What Software Plus Services Means For Microsoft (and You)
With its new "software plus services" strategy, Microsoft is working to compete with emerging SaaS (Software as a Service) vendors while keeping users tied to its flagship Office suite.
At the SharePoint conference in March, Microsoft Chairman Bill Gates defended the software plus services strategy in a question and answer period, dismissing Google Apps tools as too lightweight for serious business users. "They really don't have the richness and responsiveness," Gates noted, "and you can see that relative to the success they've had there."
Few would argue with Gates that Office applications such as Word and Excel have more bells and whistles than Google Docs & Spreadsheets. The question is, what percentage of corporate end-users actually utilize all of them?
It depends on whom you ask. SaaS vendors and advocates claim that percentage is pretty low. According to a a survey of 420 large and small companies taken last month by SaaS consultants at Thinkstrategies and Triactive, nearly 99 percent of companies reported that Office was installed in 99 percent of their corporate PCs. At the 20 largest companies sampled, only 26 percent of the features in Office were being used and that use centered around basic functions in Word, Excel and PowerPoint.
"The vast majority of companies have over-provisioned Office," saysJeffrey Kaplan, managing director of Thinkstrategies, a consulting firm that advises companies on how to use SaaS. "They're either not really using it at all, or they're using a version that's far more than what they need."
That would seem to render silly any cloud strategy holding onto Office as a primary tool. Tom Austin, a Gartner analyst, says he thinks software plus services might eventually be ditched as a priority for Microsoft in lieu of Mesh, a program that allows people to use to Web to get a unified view of their various devices and applications.

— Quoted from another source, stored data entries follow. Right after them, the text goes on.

//! Names, each of which is found at once.

ghost use Rattle.std.specs.Prelude.{◌≡◌, [], OnOk, OnErr};
ghost use Rattle.cl_typing.specs.Positions.{position_of, and_name};

use clv_place::NoMemory;
use indexmap::IndexMap;
use std::alloc::Global;
use std::marker::Model;

/// Names that differ, each with the index of where it was added. A contract sees their list.
#[derive(Drop)]
pub struct NameList {
    alloc: Global,
    names: IndexMap<Vec<u8>, ()>,
}

impl Model for NameList {
    ghost use Rattle.std.specs.Prelude.{ℕ, List};
    ghost use Rattle.cl_typing.specs.Positions.{names_in};

    ghost Value = { List (List ℕ) };

    ghost view = { λ n. names_in n.names.entries };
}

impl NameList {
    /// No names. It takes no memory.
    pub fn new(alloc: Global) -> Self
        ensures { result ≡ [] }
    {
        NameList {
            alloc,
            names: IndexMap::new(alloc),
        }
    }

    /// Where a name stands.
    pub fn position(&self, name: &[u8]) -> Option<usize>
        ensures { result ≡ position_of name.now self.now }
    {
        self.names.get_index_of(name)
    }

    /// Adds a name behind the others, unless it stands there. For want of memory it changes nothing.
    pub fn add(&mut self, name: &[u8]) -> Result<(), NoMemory>
        ensures ok { OnOk result (self.new ≡ and_name name.now self.old) }
        ensures err { OnErr result (self.new ≡ self.old) }
    {
        if self.names.contains_key(name) {
            return Ok(());
        }
        let key = name.to_vec(self.alloc)?;
        self.names.insert(key, ())?;
        Ok(())
    }
}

"I'm pretty impressed, conceptually, with what Ray Ozzie (Microsoft's Chief Software Architect) is trying to do with Mesh," Austin said via e-mail. "To me, Mesh replaces 'software plus services.' Software plus services was retrograde (looking backward) while mesh is forward looking. Software plus services was about defending the old revenue stream while mesh is about defining a new (and valuable) value proposition."
Austin also made one other prediction: "Software plus services will fall into disuse in the next several months."